In this dissertation I argue, first, that state-formation, urban planning practice and contraband economies are co-constitutive, that is, each is a historically specific process emerging in and through dynamic inter-relationships with each other. Crucially, new modes of frontier governance retain intense flexibility in interpreting and enforcing the law that characterized authoritarian rule. However, contemporary spatialized strategies of governance articulate new visions and capacities of the local state to act as an agent of frontier urbanization. Second, frontier state practices inscribe the extralegal economy into the built environment through a spatial form that I call contraband urbanism. Even as official discourse promises to formalize the border trade, through contraband urbanism local state officials make urban spaces for the extralegal economy through state-sponsored transgressions of the law, while also generating uncertainty over tenure rights for street vendors. Contraband urbanism is also an imaginative project, and I describe how local state actors harness ascendant discourses of the city as a globally competitive unit, while smuggling in the very economic practices that are supposedly banished by the formalized city. Third, I complement this macro-level analysis with a focus on the micro-politics of the regulatory interface between municipal officials and Paraguayan street vendors. I describe how municipal officials govern through regulatory uncertainty, practices which reverberate through collective ‘structures of feeling.’ Unpredictability and negotiability in municipal enforcement practices are so central to the city’s spatial management that the emotional reverberations of regulatory uncertainty must be thought of as an effect of the state. The resulting affective politics of precarity challenge notions of the independent, liberal self, and point to an imagining of urban belonging which is based in the needs of interdependent urban residents, rather than in the equal rights of citizens before the law.
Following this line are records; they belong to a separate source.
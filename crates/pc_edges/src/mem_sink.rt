//! A sink in memory.
ghost use Rattle.std.specs.Prelude.{
  ◌≡◌,
  ◌-◌,
  ◌<◌,
  ◌≤◌,
  ◌↔◌,
  ◌⊎◌,
  ◌++◌,
  [],
  Some,
  Ok,
  length,
  take,
  min,
  IfOk,
  OnOk,
  OnErr,
  IsErr,
  Contains,
};
ghost use Rattle.pc_edges.specs.Faults.{Rose, raised};

use crate::calls::Calls;
use crate::{Failed, Sink};
use std::alloc::{AllocError, Global};
use std::marker::Model;

/// A sink in memory, for tests: it takes small pieces, has a fixed capacity, and fails at the calls that you choose.
///
/// Contracts see it as an `Intake`, with its bytes. Its capacity is reserved when it is made, so no push takes memory.
#[derive(Drop)]
pub struct MemSink {
    taken: Vec<u8>,
    room: usize,
    piece: usize,
    calls: Calls,
}

impl Model for MemSink {
    ghost use Rattle.pc_edges.specs.inside.Intake.{Intake};

    ghost Value = { Intake };

    ghost use Rattle.pc_edges.specs.inside.MemSink.{intake_of, HasCapacity};

    ghost view = { intake_of };

    ghost invariant = { HasCapacity };
}

impl MemSink {
    /// Returns a sink with a capacity of `room` bytes.
    ///
    /// A push takes at most `piece` bytes, and fails if the sink is full. Flushes and pushes of pieces that are not
    /// empty are counted together from 1, and the k-th fails if k is in `failing`.
    ///
    /// # Errors
    ///
    /// `AllocError` if there is no memory for `room` bytes or for the copy of `failing`.
    pub fn new(
        alloc: Global,
        room: usize,
        piece: usize,
        failing: &[u64],
    ) -> Result<MemSink, AllocError>
        requires { 1 ≤ piece }
        ensures { IfOk result (λ sink. sink ≡ record {
          taken = [];
          room = room;
          piece = piece;
          failing = failing.now;
          calls = 0;
          faults = 0;
        }) }
    {
        Ok(MemSink {
            taken: Vec::with_capacity(alloc, room)?,
            room,
            piece,
            calls: Calls::new(alloc, failing)?,
        })
    }

    /// Returns the bytes taken so far.
    pub fn bytes(&self) -> &[u8]
        ensures { result.now ≡ self.now.taken }
    {
        self.taken.as_slice()
    }
}

impl Sink for MemSink {
    ghost taken = { λ sink. Some sink.taken };

    ghost faults = { λ sink. sink.faults };

    fn push(&mut self, piece: &[u8]) -> Result<usize, Failed>
        ensures fits { IfOk result (λ n. n ≤ length piece.now) }
        ensures some { IfOk result (λ n. 0 < length piece.now → 0 < n) }
        ensures bytes { IfOk result (λ n. self.new.taken ≡ self.old.taken ++ take n piece.now) }
        ensures empty { length piece.now ≡ 0 → (result ≡ Ok 0) × (self.new ≡ self.old) }
        ensures no_fault { OnOk result (self.new.faults ≡ self.old.faults) }
        ensures failed { OnErr result (Rose self.old.faults self.new.faults) }
        ensures kept { OnErr result (self.new.taken ≡ self.old.taken) }
        ensures count { self.old.faults ≤ self.new.faults }

        // which pushes fail, how much the others take, and what is counted
        ensures fails { IsErr result ↔ (0 < length piece.now)
            × (Contains self.old.failing (raised self.old.calls) ⊎ (self.old.room ≤ length self.old.taken)) }
        ensures given { IfOk result (λ n. n ≡ min (length piece.now)
            (min self.old.piece (self.old.room - length self.old.taken))) }
        ensures counted { 0 < length piece.now → self.new ≡ record self.old {
          taken = self.new.taken;
          calls = raised self.old.calls;
          faults = self.new.faults;
        } }
        ensures risen { OnErr result (self.new.faults ≡ raised self.old.faults) }
    {
        if piece.is_empty() {
            return Ok(0);
        }
        if self.calls.count_one() || self.taken.len() == self.room {
            return Err(self.calls.fail());
        }
        let n = piece
            .len()
            .min(self.piece)
            .min(self.room - self.taken.len());
        self.taken.extend_from_slice(&piece[..n]).unwrap();
        Ok(n)
    }

    fn flush(&mut self) -> Result<(), Failed>
        ensures bytes { self.new.taken ≡ self.old.taken }
        ensures no_fault { OnOk result (self.new.faults ≡ self.old.faults) }
        ensures failed { OnErr result (Rose self.old.faults self.new.faults) }
        ensures count { self.old.faults ≤ self.new.faults }

        // which flushes fail, and what is counted
        ensures fails { IsErr result ↔ Contains self.old.failing (raised self.old.calls) }
        ensures counted { self.new ≡ record self.old { calls = raised self.old.calls; faults = self.new.faults } }
        ensures risen { OnErr result (self.new.faults ≡ raised self.old.faults) }
    {
        if self.calls.count_one() {
            return Err(self.calls.fail());
        }
        Ok(())
    }
}
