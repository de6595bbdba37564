//! Laws of the deck that is generated from tasks: it has the schedules of the tasks, at the same costs.
//!
//! Each function here does nothing. Its contract is a law, proved once, and a caller has the law as a fact.

ghost use Rattle.std.specs.Prelude.{◌≡◌, ◌↔◌, ℕ, length};
ghost use Rattle.pc_model.specs.Cost.{IsLeastCost};
ghost use Rattle.pc_model.specs.Pieces.{knees_of};
ghost use Rattle.pc_model.specs.Schedule.{HasSchedule};
ghost use Rattle.pc_tasks.specs.network.Arrows.{arrow_terms, arrows};
ghost use Rattle.pc_tasks.specs.network.Cycles.{HasNoTaskCycle};
ghost use Rattle.pc_tasks.specs.network.Tasks.{HasTaskSchedule, IsLeastTaskCost};
ghost use Rattle.pc_project.specs.Figures.{IsProjectOfDeck};
ghost use Rattle.pc_project.specs.Project.{Project, network_of, pieces_in, terms_in};
ghost use Rattle.pc_project.specs.Refusal.{HasSoundPlan};
ghost use Rattle.pc_deck.specs.Deck.{Deck};
ghost use Rattle.pc_cards.specs.declared.sort.Sort.TheVariants.{Tasks};
ghost use Rattle.pc_deck.specs.Within.{IsWithin, IsWithinLimits};
ghost use Rattle.pc_tasks.specs.Drawn.{arrows_deck};
ghost use Rattle.pc_tasks.specs.Known.{CanBeDrawn};
ghost use Rattle.pc_tasks.specs.Refusal.{HasSoundTasks};
ghost use Rattle.pc_tasks.specs.Text.{KeepsTasks};
ghost use Rattle.pc_tasks.specs.Lists.{afters_in, task_pieces, task_terms};

use crate::network::{arrows_are_sound, arrows_keep_least_costs, arrows_keep_schedules};

/// States that the generated deck has the arrows of the tasks: their network, their durations and costs, and the pieces
/// of their costs.
pub fn drawn_deck_has_the_arrows()
    ensures network { (deck : Deck) → CanBeDrawn deck →
        network_of (arrows_deck deck) ≡ arrows (length (task_terms deck)) (afters_in deck) }
    ensures terms { (deck : Deck) → terms_in (arrows_deck deck) ≡ arrow_terms (task_terms deck) (afters_in deck) }
    ensures pieces { (deck : Deck) → CanBeDrawn deck → pieces_in (arrows_deck deck) ≡ task_pieces deck }
{}

/// States that the generated deck is within the limits of a plan.
pub fn drawn_deck_is_within_limits()
    ensures { (deck : Deck) → IsWithin Tasks deck → CanBeDrawn deck → IsWithinLimits (arrows_deck deck) }
{}

/// States that the deck generated from tasks without faults is a sound plan: none of its cards has a fault by itself,
/// its items are a tree, and its network is sound.
///
/// So it has none of the faults F13 to F27 and F41, and its project keeps the schedules of the tasks and their least
/// costs.
pub fn drawn_deck_is_sound()
    ensures sound { (deck : Deck) → IsWithin Tasks deck → HasSoundTasks deck → HasSoundPlan (arrows_deck deck) }
    ensures keeps { (deck : Deck) (project : Project) → IsWithin Tasks deck → HasSoundTasks deck →
        IsProjectOfDeck (arrows_deck deck) project → KeepsTasks deck project }
{
    arrows_are_sound();
    drawn_deck_keeps_least_costs();
}

/// States that if no tasks wait for each other in a circle, then for every length there is a schedule of the tasks
/// exactly if there is one of the generated deck, with the same least cost.
pub fn drawn_deck_keeps_least_costs()
    ensures schedules { (deck : Deck) (limit : ℕ) → CanBeDrawn deck → HasNoTaskCycle (afters_in deck) →
        (HasTaskSchedule (task_terms deck) (afters_in deck) limit
        ↔ HasSchedule (network_of (arrows_deck deck)) (terms_in (arrows_deck deck)) limit) }
    ensures costs { (deck : Deck) (limit cost : ℕ) → CanBeDrawn deck → HasNoTaskCycle (afters_in deck) →
        (IsLeastTaskCost (task_terms deck) (knees_of (task_terms deck) (task_pieces deck)) (afters_in deck) limit cost
        ↔ IsLeastCost (network_of (arrows_deck deck)) (terms_in (arrows_deck deck))
        (knees_of (terms_in (arrows_deck deck)) (pieces_in (arrows_deck deck))) limit cost) }
{
    arrows_keep_schedules();
    arrows_keep_least_costs();
}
These findings are relevant for understanding the dynamics of extralegality more broadly, including the ways in which outlaw economies, and their supportive spatial forms, are internal to globalized capitalism. Further, these findings point to the necessity of rethinking the orienting purpose of cities in ways that valorize rights to livelihood; promote urban development policies that include the urban poor as protagonists of development, rather than as beneficiaries; and expand the sites of urban politics to include the affective dimensions of governance.